Los poderes de la nueva raza y sus consecuencias

Desde que naciste, siempre supiste que eras diferente. Que veías o escuchabas cosas que nadie más veía; que tenías poderes increíbles, sobrehumanos. Poderes que, si no aprendías a dominar, te destruirían -y a la gente que te rodeaba.

Tus poderes eran ante todo de dos clases. Podías sentir lo que los demás sentían, antes incluso de que lo supieran; así, podías anticipar con facilidad su conducta y sus reacciones en fracciones de segundo. Podías también cambiar para adaptarte a dichas reacciones de manera que influyeses en ellas -y, a la larga, en la persona que las llevaba a cabo.

Pero todo esto ocurría sin que lo supieras realmente; como los rayos rojos que salían de los ojos de un famoso personaje, destruyéndolo todo sin que él pudiera impedirlo.

Hasta que un día los descubriste y empezaste a controlarlos; tímidamente al principio, con mayor habilidad y desparpajo después.

Y comprendiste, por fin, el secreto de tu naturaleza. Comprendiste que eras diferente, en efecto; y en algunos sentidos, superior.

Pero comprendiste también que esa superioridad tenía un precio. Que el dolor te acompañaría a cada paso. Que cada vez que usaras tus poderes, cambiarías -que cada relación, cada instante, cada voz a la que atendieras dejaría sus huellas en tu alma, ya bastante poblada de por sí. Que nunca tendrías forma -pues tendrías todas las formas.

Que tomarías una decisión, te arrepentirías y desdecirías, volverías a arrepentirte y a dar marcha atrás hasta odiarte a ti mismo. Y esto, una, otra, mil veces -una por cada forma, una por cada amor.

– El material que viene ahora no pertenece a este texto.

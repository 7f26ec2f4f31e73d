//! The theorems about scripts. What a script answers is a function of its input; scripts of the tree and of upgrades are answered as by
//! the plain machine; and `ls`, `read` and `digest` answer right after a rollback what they answered right after its prepare.
//! A plain machine says what each line may be answered; what follows from that is proved, and that a store answers so isn't yet.
#![tactic(auto)]

mod answers;
mod bytes;
mod explained;
mod lists;
mod plain;
mod reads;
mod runs;
mod stops;

pub use answers::a_script_answers_its_input;
pub use bytes::{run_by_a_function, run_explained, run_listing, run_plainly, run_twice};
pub use explained::{
    calm_lines_after_a_commit_are_explained, calm_lines_of_a_new_store_are_explained,
    lines_after_a_commit_are_explained, scripts_of_the_tree_are_explained,
};
pub use lists::what_a_script_lists_behind_a_rollback_is_what_it_listed_behind_its_prepare;
pub use plain::scripts_are_answered_as_by_the_plain_machine;
pub use reads::what_a_script_reads_behind_a_rollback_is_what_it_read_behind_its_prepare;
pub use runs::each_script_is_reached;
pub use stops::a_stopped_script_answers_the_beginning_of_its_input;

Que necesitarías, de vez en cuando, alejarte de todos y escapar hacia esa frágil esfera que habías construido la primera vez que cerraste los ojos y el corazón.

Que amarías muchas veces, con igual intensidad y desesperación; y que, en tus peores momentos, tu vida se vería como una sucesión de personas diciendo adiós. Que con cada adiós perderías un pedazo de tu corazón sangrante.

Y que, acaso, siempre estarías solo; siempre serías el único en ver lo que veías, en escuchar lo que oías.

Que nunca te bastaría con nada; que el futuro nunca espera -y que siempre cederías a la urgencia de lanzarte en pos de él.

Y aceptaste estos poderes y su precio tenebroso; y echaste a andar, sin rumbo fijo, con las manos en los bolsillos y sed de aventura.

Que aún no ha terminado -que, en realidad, no ha hecho más que empezar.